胡捕头不再同叶柒讲这些八卦,同木颂清拱了拱手道:“木公子,翘楚馆如今仍属太常寺,若要搜查,必须得到太常寺卿的批示,这般……便容易打草惊蛇。”
木颂清听懂了胡捕头这话中的意思,放在膝上的双手交叠在了一起,他镇定地问道:“胡捕头,小人心里有数。”
叶柒听得稀里糊涂,只依稀有了一个判断:“那是不是说明,木公子会有危险?”
胡捕头没有否认,只对着木颂清道:“现今还不知道贼人是为什么而来,但此地已经不再安全了,公子何不考虑另寻一住处?”
胡捕头这话一出,卢青眉心皱出一条深深的皱褶,哑声道:“这长安城的房子,哪是那么好找的。”
木颂清闻言拍了拍卢青的手,安抚道:“总有法子的。”
他们进京后为置办这套院子,已经花了大半的盘缠,如今囊中羞涩,将院子出手再卖,又过于显眼,说不定很快新的落脚处又会被那人找到,总之很是让人为难。
“那个……”被三人无视在一旁的叶柒不甘寂寞出声道,“我刚搬了新家,虽不及叶府,但也是挺大的,我一人住着空落落的,不如……公子……”
“不行!这于理不合!”
叶柒话音未落,卢青立刻打断,直言拒绝。
他家公子还未婚配,如今便与一个云英未嫁的姑娘住在一起,那岂不是有损他家公子的清誉!
叶柒急了:“命重要,还是礼重要啊?”
卢青梗着脖子不示弱:“两者都重要!”
见着两人斗嘴,一旁的胡捕头摸了摸鼻子,忍不住替卢青说上一句:“叶小姐,这长安城中谁不识你,怕是木公子还没踏进你家门,消息已经传遍长安街头巷尾了,那贼人不也就知道了?”

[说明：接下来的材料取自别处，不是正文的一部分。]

ghost use Rattle.std.specs.Prelude.{◌≡◌, ℕ, map, nat_lt};
ghost use Rattle.stl_ast.specs.declared.blocks.Block.{Block};
ghost use Rattle.plc_base.specs.Least.{least};
ghost use Rattle.block_layout.specs.Heads.{on_heads};

use crate::declarations::number_at;
use plc_base::{Refusal, broken_if, lesser};
use stl_ast::Block;

/// The least refusal of the heads of blocks that are longer than so many bytes; the lengths stand
/// in the order of the blocks.
pub(crate) fn least_longer(lens: &[u64], most: u64, rule: u16, blocks: &[Block]) -> Option<Refusal>
    ensures { (f : Block → ℕ) → lens.now ≡ map f blocks.now
        → result ≡ least (on_heads (λ before b. nat_lt most (f b)) rule blocks.now) }
{
    let mut found = None;
    for (place, block) in blocks.iter().enumerate() {
        let is_longer = number_at(lens, place) > most;
        found = lesser(found, broken_if(is_longer, block.line, rule));
    }
    found
}
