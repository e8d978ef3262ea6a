ghost use Rattle.std.specs.Prelude.{◌≡◌, false, is_some, map};
ghost use Rattle.std.specs.List.{slice_get};
ghost use Rattle.std.specs.Option.{option_copied};
ghost use Rattle.plc_base.specs.Kinds.{is_data_block};
ghost use Rattle.block_layout.specs.Blocks.{found_block};
ghost use Rattle.block_layout.specs.Members.{component_of_name};
ghost use Rattle.block_layout.specs.NameLists.{HaveParameters};
ghost use Rattle.block_layout.specs.Paths.{
  cells_at,
  elementary_at,
  if_whole,
  path_end_in_data_block,
  path_end_of_local,
  whole_at,
};

use crate::blocks::BlockLayout;
use crate::cells::Cell;
use crate::laying::Layouts;
use crate::path_ends::{ComponentAt, PathEnd, layout_at};
use crate::paths::Path;
use crate::routes::{elementary_at, has_component, if_whole, walk_data, walk_local, whole_at};
use crate::types::named_block;
use plc_base::BlockKind;
use stl_ast::{BlockName, Simple};
use stl_symbols::Symbols;

impl Layouts {
    /// The block at this place, where it breaks no rule as a whole.
    pub fn whole_at(&self, block: usize) -> Option<&BlockLayout>
        ensures { option_copied result ≡ whole_at self.now block }
    {
        whole_at(self.list(), block)
    }

    /// The place of a block in the source, where the block is there and breaks no rule as a whole.
    pub fn if_whole(&self, block: usize) -> Option<usize>
        ensures { result ≡ if_whole self.now block }
    {
        if_whole(self.list(), block)
    }

    /// The place of the data block of the source that a name means.
    pub fn data_block(&self, symbols: &Symbols, name: &BlockName) -> Option<usize>
        ensures { result
            ≡ found_block symbols.now (map (λ b. b.id) self.now) is_data_block name.now }
    {
        let id = named_block(symbols, name)?;
        match id.kind {
            BlockKind::Db => self.place(id),
            _ => None,
        }
    }

    /// The declarations of the block at this place: those of VAR_TEMP, or all others. None where
    /// the source has no such block.
    pub fn cells(&self, block: usize, temporary: bool) -> &[Cell]
        ensures { result.now ≡ cells_at self.now block temporary }
    {
        match layout_at(self.list(), block, temporary) {
            None => &[],
            Some(layout) => layout.cells(),
        }
    }

    /// The first declarations of the block at this place, outside VAR_TEMP: all its parameters are
    /// among them. None where the source has no such block.
    pub fn parameters(&self, block: usize) -> &[Cell]
        ensures { HaveParameters (cells_at self.now block false) result.now }
    {
        match layout_at(self.list(), block, false) {
            None => &[],
            Some(layout) => layout.parameters(),
        }
    }

    /// The declaration of a component.
    pub fn cell_at(&self, component: ComponentAt) -> Option<&Cell>
        ensures { option_copied result
            ≡ slice_get (cells_at self.now component.block component.temporary) component.place }
    {
        let layout = layout_at(self.list(), component.block, component.temporary)?;
        layout.cell_at(component.place)
    }

    /// The elementary type of a component; none of an array or a structure.
    pub fn elementary_at(&self, component: ComponentAt) -> Option<Simple>
        ensures { result ≡ elementary_at self.now component }
    {
        elementary_at(self.list(), component)
    }

    /// Whether a block has a variable of this name, in upper case, outside VAR_TEMP.
    pub fn has_component(&self, block: usize, name: &[u8]) -> bool
        ensures { result
            ≡ is_some (component_of_name 0 0 0 name.now (cells_at self.now block false)) }
    {
        has_component(self.list(), block, name)
    }

    /// Where a path in the body of a block leads, into its own variables: a name in upper case, and
    /// the steps behind it.
    pub fn walk_local(&self, block: usize, name: &[u8], path: &Path) -> PathEnd
        ensures { result ≡ path_end_of_local self.now block name.now path.now }
    {
        walk_local(self.list(), block, name, path.steps())
    }

    /// Where a path into a data block leads.
    pub fn walk_data(&self, block: usize, path: &Path) -> PathEnd
        ensures { result ≡ path_end_in_data_block self.now block path.now }
    {
        walk_data(self.list(), block, path.steps())
    }
}
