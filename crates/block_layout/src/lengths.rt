ghost use Rattle.std.specs.Prelude.{◌≡◌, ◌≤◌, ◌<◌, ◌^◌, ◌/◌, IfOk, max, map, Some, List};
ghost use Rattle.std.specs.List.{slice_get};
ghost use Rattle.plc_base.specs.Kinds.{is_code, is_data_block, is_data_type, is_function_block, is_organization_block};
ghost use Rattle.stl_ast.specs.declared.blocks.Block.{Block};
ghost use Rattle.block_layout.specs.Types.{Types};
ghost use Rattle.std.specs.Option.{option_copied, option_map};
ghost use Rattle.stl_ast.specs.Blocks.{is_parameter};
ghost use Rattle.stl_ast.specs.Statements.{is_empty_statement};
ghost use Rattle.block_layout.specs.Blocks.{
  has_structure,
};
ghost use Rattle.block_layout.specs.Cells.{temps_of};
ghost use Rattle.block_layout.specs.Facts.{outline_of};
ghost use Rattle.block_layout.specs.Lengths.{
  farthest_actual_end,
  farthest_operand_end,
  bits_of_cells,
  is_local_data_letter,
  is_structured,
  least_local,
  length_of_block,
  local_end,
  local_len,
  named_type,
  structure_block_name,
  shape_at,
  shape_named,
  shape_of,
};
ghost use Rattle.block_layout.specs.Sizes.{structure_bits, largest_size};

use crate::blocks::Shape;
use crate::layouts::Layout;
use crate::outlines::Outline;
use crate::types::Types;
use plc_base::BlockKind;
use std::alloc::{AllocError, Global};
use stl_ast::{Actual, Block, BlockName, ElementType, Letters, Operand, Statement};

/// The function block or data type that a data block is of, or none.
fn structure_block_name(block: &Block) -> Option<&BlockName>
    ensures { option_copied result ≡ structure_block_name block.now.instance_of block.now.shape }
{
    if let Some(name) = &block.instance_of {
        return Some(name);
    }
    match &block.shape {
        Some(shape) => match &shape.of {
            ElementType::Udt { name } => Some(name),
            _ => None,
        },
        None => None,
    }
}

/// Where the structure of a block stands.
pub(crate) fn shape_of(types: &Types, block: &Block) -> Shape
    ensures { result ≡ shape_of types.now block.now }
{
    match structure_block_name(block) {
        None => Shape::Own,
        Some(name) => match types.structure_block(name) {
            Some(block) => Shape::Of { block },
            None => Shape::Unknown,
        },
    }
}

fn is_local(area: Letters) -> bool
    ensures { result ≡ is_local_data_letter area }
{
    matches!(area, Letters::L)
}

/// The end of a direct operand in the local data.
fn local_end(operand: &Operand) -> u64
    ensures value { result ≡ local_end operand.now }
    ensures near { result < 2 ^ 17 }
{
    match operand {
        Operand::Direct {
            area,
            width,
            byte,
            ..
        } => {
            if is_local(*area) {
                *byte as u64 + width.byte_count() as u64
            } else {
                0
            }
        }
        _ => 0,
    }
}

fn greater(a: u64, b: u64) -> u64
    ensures { result ≡ max a b }
{
    if a < b { b } else { a }
}

fn farthest_actual_end(actuals: &[Actual]) -> u64
    ensures value { result ≡ farthest_actual_end actuals.now }
    ensures near { result < 2 ^ 17 }
{
    let mut end = 0;
    for actual in actuals {
        end = greater(end, local_end(&actual.value));
    }
    end
}

/// The farthest end of a direct operand in the local data.
fn farthest(body: &[Statement]) -> u64
    ensures value { result ≡ farthest_operand_end body.now }
    ensures near { result < 2 ^ 17 }
{
    let mut end = 0;
    for statement in body {
        let own = local_end(&statement.operand);
        let actuals = farthest_actual_end(statement.actuals.as_slice());
        end = greater(end, greater(own, actuals));
    }
    end
}

fn least_local(kind: BlockKind) -> u64
    ensures { result ≡ least_local kind }
{
    match kind {
        BlockKind::Ob => 20,
        _ => 0,
    }
}

/// The length of the local data of a block, with these temporary variables.
#[tactic(auto, unfolding(crate::specs::Lengths::local_len, crate::specs::Sizes::next_multiple))]
pub(crate) fn local_len(block: &Block, temps: &Layout) -> u64
    ensures value { (y : Types)
        → temps.now ≡ temps_of y block.now → result ≡ local_len y block.now }
    ensures near { result < 2 ^ 32 }
{
    match block.kind {
        BlockKind::Ob | BlockKind::Fc | BlockKind::Fb => {
            let own = greater(temps.bits() / 8, farthest(block.body.as_slice()));
            greater(least_local(block.kind), (own + 1) / 2 * 2)
        }
        _ => 0,
    }
}

fn is_structured(kind: BlockKind) -> bool
    ensures { result ≡ is_structured kind }
{
    matches!(kind, BlockKind::Db | BlockKind::Fb | BlockKind::Udt)
}

fn bits_at(outlines: &[Outline], place: usize) -> u64
    ensures value { result
        ≡ bits_of_cells (option_map (λ o. o.components) (slice_get outlines.now place)) }
    ensures near { result ≤ largest_size }
{
    match outlines.get(place) {
        Some(outline) => outline.components.bits(),
        None => 0,
    }
}

/// The length of the structure of the block at a place, by the declarations of all blocks.
#[tactic(auto, unfolding(crate::specs::Lengths::length_of_block), using(crate::proofs::LengthLemmas::bits_there))]
pub(crate) fn length_of(block: &Block, place: usize, shape: Shape, outlines: &[Outline]) -> u64
    ensures value { (y : Types) (blocks : List Block)
        → outlines.now ≡ map (outline_of y) blocks → slice_get blocks place ≡ Some block.now
        → shape ≡ shape_of y block.now → result ≡ length_of_block y blocks block.now }
    ensures near { result < 2 ^ 32 }
{
    if !is_structured(block.kind) {
        return 0;
    }
    match shape {
        Shape::Own => bits_at(outlines, place) / 8,
        Shape::Of { block } => bits_at(outlines, block) / 8,
        Shape::Unknown => 0,
    }
}

/// The lengths of the local data of all blocks, by their declarations.
pub(crate) fn local_lens(
    alloc: Global,
    types: &Types,
    blocks: &[Block],
    outlines: &[Outline],
) -> Result<Vec<u64>, AllocError>
    requires { outlines.now ≡ map (outline_of types.now) blocks.now }
    ensures { IfOk result (λ v. v.items ≡ map (local_len types.now) blocks.now) }
{
    let mut lens = Vec::with_capacity(alloc, blocks.len())?;
    for i in 0..blocks.len() {
        lens.push(local_len(&blocks[i], &outlines[i].temps))?;
    }
    Ok(lens)
}

/// The lengths of the structures of all blocks, by their declarations.
pub(crate) fn all_lengths(
    alloc: Global,
    types: &Types,
    blocks: &[Block],
    outlines: &[Outline],
) -> Result<Vec<u64>, AllocError>
    requires { outlines.now ≡ map (outline_of types.now) blocks.now }
    ensures { IfOk result
        (λ v. v.items ≡ map (length_of_block types.now blocks.now) blocks.now) }
{
    let mut lens = Vec::with_capacity(alloc, blocks.len())?;
    for i in 0..blocks.len() {
        let block = &blocks[i];
        let shape = shape_of(types, block);
        lens.push(length_of(block, i, shape, outlines))?;
    }
    Ok(lens)
}
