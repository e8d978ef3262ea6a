//! Where the declarations of a source lie: sizes, offsets, paths, local data, and the rules on
//! them.
#![tactic(auto)]

mod alone;
mod beyond;
mod blocks;
mod breaches;
mod building;
mod bytes;
mod cells;
mod constants;
mod cycles;
mod declaration_facts;
mod declarations;
mod directory;
mod excess;
mod filling;
mod laws;
mod laying;
mod layouts;
mod lengths;
mod lookups;
mod making;
mod measures;
mod members;
mod offsets;
mod outlines;
mod path_ends;
mod paths;
mod refusals;
mod routes;
mod rules;
mod sections;
mod settings;
mod sizes;
mod starts;
mod types;

pub use blocks::{BlockLayout, Section, Shape};
pub use cells::{Cell, Element, Preset};
pub use constants::{bits_of, fits};
pub use laws::{law_of_listed_parameters, law_of_offsets, law_of_paths, law_of_rebuilt_bytes};
pub use laying::{Layouts, lay_out, lay_out_sound};
pub use layouts::Layout;
pub use members::{Member, NameList};
pub use offsets::{elementary_place, width_of};
pub use path_ends::{ComponentAt, PathEnd};
pub use paths::Path;
pub use rules::rule_52::is_parameter;
pub use sizes::plain_bits;
pub use types::named_block;
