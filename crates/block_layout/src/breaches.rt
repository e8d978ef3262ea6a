ghost use Rattle.std.specs.Prelude.{◌≡◌, ◌<◌, ◌^◌, ◌-◌, ◌||◌, List, [], ◌∷◌};
ghost use Rattle.stl_ast.specs.declared.blocks.Block.{Block};
ghost use Rattle.block_layout.specs.Before.{IsBefore};
ghost use Rattle.block_layout.specs.Facts.{AreFactsOf};
ghost use Rattle.block_layout.specs.Layouts.{is_broken};
ghost use Rattle.block_layout.specs.Lengths.{length_of_block};
ghost use Rattle.block_layout.specs.Types.{Types};

use crate::rules::rule_22::is_block_twice;
use crate::rules::rule_23::has_unknown_head;
use crate::rules::rule_44::has_wrong_number;
use crate::rules::rule_50::MOST_LOCAL;
use crate::rules::rule_51::MOST_BYTES;
use crate::rules::rule_52::has_too_many_parameters;
use crate::rules::rule_53::{counted_data, is_one_too_many};
use crate::rules::rule_54::{data_len, exceeds};
use crate::rules::rule_55::has_too_many_statements;
use crate::types::Types;
use stl_ast::Block;

/// What stands before a block: how many blocks, how many of them are data blocks, and their bytes.
#[derive(Clone, Copy, Debug, PartialEq, Eq)]
pub(crate) struct BlocksBefore {
    pub(crate) blocks: usize,
    pub(crate) data_blocks: usize,
    pub(crate) bytes: u64,
}

/// What stands before the first block.
pub(crate) fn nothing_before() -> BlocksBefore
    ensures { (y : Types) (blocks : List Block) → IsBefore y blocks [] result }
{
    BlocksBefore {
        blocks: 0,
        data_blocks: 0,
        bytes: 0,
    }
}

/// What stands before the block behind this one.
pub(crate) fn with_block(before: BlocksBefore, block: &Block, len: u64) -> BlocksBefore
    requires blocks { before.blocks < 2 ^ 64 - 1 }
    requires data { before.data_blocks < 2 ^ 64 - 1 }
    ensures { (y : Types) (blocks some : List Block) → len ≡ length_of_block y blocks block.now
        → IsBefore y blocks some before → IsBefore y blocks (block.now ∷ some) result }
{
    BlocksBefore {
        blocks: before.blocks + 1,
        data_blocks: before.data_blocks + counted_data(block),
        bytes: before.bytes.saturating_add(data_len(block, len)),
    }
}

fn any_of_five(a: bool, b: bool, c: bool, d: bool, e: bool) -> bool
    ensures { result ≡ (a || b || c || d || e) }
{
    a || b || c || d || e
}

fn any_of_six(a: bool, b: bool, c: bool, d: bool, e: bool, f: bool) -> bool
    ensures { result ≡ (a || b || c || d || e || f) }
{
    any_of_five(a, b, c, d, e) || f
}

/// Whether a block breaks a rule as a whole: `in_itself` says that it is a data type that contains
/// itself, `local` is the length of its local data and `len` that of its structure.
pub(crate) fn is_broken(
    types: &Types,
    before: BlocksBefore,
    block: &Block,
    in_itself: bool,
    local: u64,
    len: u64,
) -> bool
    ensures { (blocks some : List Block)
        → AreFactsOf types.now blocks some block.now in_itself local len
        → IsBefore types.now blocks some before
        → result ≡ is_broken types.now blocks some block.now }
{
    let twice = is_block_twice(types, before.blocks, block);
    let unknown = has_unknown_head(types, block);
    let wrong_number = has_wrong_number(types.symbols, block);
    let parameters = has_too_many_parameters(block);
    let data_blocks = is_one_too_many(before.data_blocks, block);
    let together = exceeds(block, before.bytes, data_len(block, len));
    let statements = has_too_many_statements(block);
    let too_much_local = local > MOST_LOCAL;
    let too_long = len > MOST_BYTES;
    let first = any_of_five(twice, unknown, in_itself, wrong_number, too_much_local);
    any_of_six(
        first,
        too_long,
        parameters,
        data_blocks,
        together,
        statements,
    )
}
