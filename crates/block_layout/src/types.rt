ghost use Rattle.std.specs.Prelude.{◌≡◌, IfOk};
ghost use Rattle.plc_base.specs.Kinds.{is_data_block};
ghost use Rattle.block_layout.specs.Blocks.{found_block, has_structure, id_of, ids_of, named_block};
ghost use Rattle.block_layout.specs.Types.{data_type_place};

use crate::directory::Directory;
use plc_base::{BlockId, BlockKind};
use std::alloc::{AllocError, Global};
use std::marker::Model;
use stl_ast::{Block, BlockName};
use stl_symbols::{Symbols, Target};

/// The block that a name means: its number, or that of the symbol.
pub fn named_block(symbols: &Symbols, name: &BlockName) -> Option<BlockId>
    ensures { result ≡ named_block symbols.now name.now }
{
    match name {
        BlockName::Number { id } => Some(*id),
        BlockName::Quoted { name } => match symbols.lookup(name.as_bytes()) {
            Some(Target::Block { id }) => Some(id),
            _ => None,
        },
    }
}

/// Kind and number of a block of the source.
pub(crate) fn id_of(symbols: &Symbols, block: &Block) -> Option<BlockId>
    ensures { result ≡ id_of symbols.now block.now }
{
    let id = named_block(symbols, &block.name)?;
    if block.kind.is_same_kind(id.kind) {
        Some(id)
    } else {
        None
    }
}

/// The blocks of the source, by kind and number.
pub(crate) fn ids_of(
    alloc: Global,
    symbols: &Symbols,
    blocks: &[Block],
) -> Result<Vec<Option<BlockId>>, AllocError>
    ensures { IfOk result (λ ids. ids.items ≡ ids_of symbols.now blocks.now) }
{
    let mut ids = Vec::with_capacity(alloc, blocks.len())?;
    for block in blocks {
        ids.push(id_of(symbols, block))?;
    }
    Ok(ids)
}

/// What the declarations of a source are checked by: the symbols, the blocks by kind and number,
/// and for each block, as a user-defined data type, its depth, at most 9, and its bits.
#[derive(Drop)]
pub(crate) struct Types<'a> {
    pub(crate) symbols: &'a Symbols,
    pub(crate) directory: Directory,
    pub(crate) depths: Vec<u64>,
    pub(crate) bits: Vec<u64>,
}

impl<'a> Model for Types<'a> {
    ghost use Rattle.block_layout.specs.Types.{Types};

    ghost Value = { Types };

    ghost view = { λ y. record {
      symbols = y.symbols.now;
      ids = y.directory;
      depths = y.depths.items;
      bits = y.bits.items;
    } };
}

impl<'a> Types<'a> {
    /// The place of the user-defined data type that a name means.
    pub(crate) fn data_type(&self, name: &BlockName) -> Option<usize>
        ensures { result ≡ data_type_place self.now name.now }
    {
        let id = named_block(self.symbols, name)?;
        match id.kind {
            BlockKind::Udt => self.directory.known_block(id),
            _ => None,
        }
    }

    /// The data block of the source that a name means.
    pub(crate) fn data_block(&self, name: &BlockName) -> Option<usize>
        ensures { result ≡ found_block self.now.symbols self.now.ids is_data_block name.now }
    {
        let id = named_block(self.symbols, name)?;
        match id.kind {
            BlockKind::Db => self.directory.known_block(id),
            _ => None,
        }
    }

    /// The function block or data type of the source that a name means.
    pub(crate) fn structure_block(&self, name: &BlockName) -> Option<usize>
        ensures { result ≡ found_block self.now.symbols self.now.ids has_structure name.now }
    {
        let id = named_block(self.symbols, name)?;
        match id.kind {
            BlockKind::Fb | BlockKind::Udt => self.directory.known_block(id),
            _ => None,
        }
    }
}
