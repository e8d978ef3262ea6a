ghost use Rattle.s7_cli.specs.KeptImages.{KeptImagesAnswerAlike, KeptImagesRunAlike};

/// A law: an image that keeps a source with its symbols, as `compiled_image` gives it, is loaded as
/// a program whose run along each list of entries has the text of the source's run. So `run` with
/// the image answers what the source says at the profile of the image; where that is the large one,
/// what `go` answers with the source.
pub fn law_of_kept_images()
    ensures texts { KeptImagesRunAlike }
    ensures answers { KeptImagesAnswerAlike }
{
    controller::laws::continues_replay();
    image_file::laws::gives_exactly_images();
    image_file::laws::one_program();
    sem_kept::laws::law_of_sources();
}
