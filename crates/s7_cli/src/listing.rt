ghost use Rattle.std.specs.Prelude.{◌≡◌, IfOk};
ghost use Rattle.flat_code.specs.Image.{IsProgram};
ghost use Rattle.stl_list.specs.Listing.{listed_source};
ghost use Rattle.stl_list.specs.Symbols.{listed_names};
ghost use Rattle.s7_cli.specs.Inner.{SaysRefusal};
ghost use Rattle.s7_cli.specs.ListSays.{IsListing, IsListingOf, IsShortListing, ListSays, ListedAnswer};
ghost use Rattle.s7_cli.specs.Listings.{CompiledHaveListings, ListingsGiveImages, ListingsGivePrograms};

use crate::command_checks::loaded_image;
use crate::compiling::{compiles_to, law_of_programs};
use crate::failures::{Failure, File};
use crate::files::limit_of;
use image_file::Loaded;
use std::alloc::Global;
use stl_list::{Listing, list_within};

/// The listing of a program, if neither of its texts is longer than it may be.
fn short_listing(alloc: Global, loaded: &Loaded) -> Result<Listing, Failure>
    ensures source { IfOk result (λ x. x.source.items ≡ listed_source loaded.now.program) }
    ensures symbols { IfOk result
        (λ x. x.symbols.items ≡ listed_names loaded.now.program.names) }
    ensures short { IfOk result (λ x. IsShortListing loaded.now.program) }
    ensures refused { SaysRefusal (ListedAnswer loaded.now.program) result }
{
    match list_within(alloc, loaded, limit_of(File::Listing))? {
        Some(listing) => Ok(listing),
        None => Err(Failure::TooLong {
            file: File::Listing,
        }),
    }
}

/// The listing of a program, if it compiles to the program.
fn listing_that_compiles(alloc: Global, loaded: &Loaded) -> Result<Listing, Failure>
    requires { IsProgram loaded.now.program }
    ensures lists { IfOk result
        (λ x. IsListing x.source.items x.symbols.items loaded.now.program) }
    ensures refused { SaysRefusal (ListedAnswer loaded.now.program) result }
{
    let listing = short_listing(alloc, loaded)?;
    if compiles_to(alloc, &listing.source, &listing.symbols, loaded)? {
        Ok(listing)
    } else {
        Err(Failure::NoListing)
    }
}

/// Checks an image, and lists its program.
pub(crate) fn check_listing(alloc: Global, image: &[u8]) -> Result<Listing, Failure>
    ensures lists { IfOk result (λ x. IsListingOf x.source.items x.symbols.items image.now) }
    ensures refused { SaysRefusal (ListSays image.now) result }
{
    let loaded = loaded_image(alloc, image)?;
    listing_that_compiles(alloc, &loaded)
}

/// A law: where a listing compiles, it compiles to one program, that of the image; where `compile`
/// wrote the image, the listing does compile, unless it is too long, and to the same bytes.
pub fn law_of_listings()
    ensures programs { ListingsGivePrograms }
    ensures images { ListingsGiveImages }
    ensures compile { CompiledHaveListings }
{
    listing_laws::law_of_compiled_listings();
    law_of_programs();
    image_file::laws::one_program();
}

但偏生叶柒的思维与他们都不一样,这话听在耳中在她心中一转,她皱眉道:“正是街头巷尾的人都知道木公子住在我那,这种众目睽睽之下的八卦是非之地,那个贼人才不敢随便动手吧!”
话说出口,叶柒自己越想越有道理,振振有词道:“你躲得越僻静、越无人关注,不是越把自己置于更深的危险中吗?就因如此,他才能神不知鬼不觉地将叶公子掳走啊!因为他面对的眼睛,只有卢青这一双!”
被点名的卢青顿时哑口无言,面对这样的歪理竟无法反驳一二,更令他惊讶的是——
一直在旁边围观了一切的木颂清沉思了片刻,竟慢慢地点了点头道:“叶姑娘说得颇有道理!”
卢青脸倏地青了。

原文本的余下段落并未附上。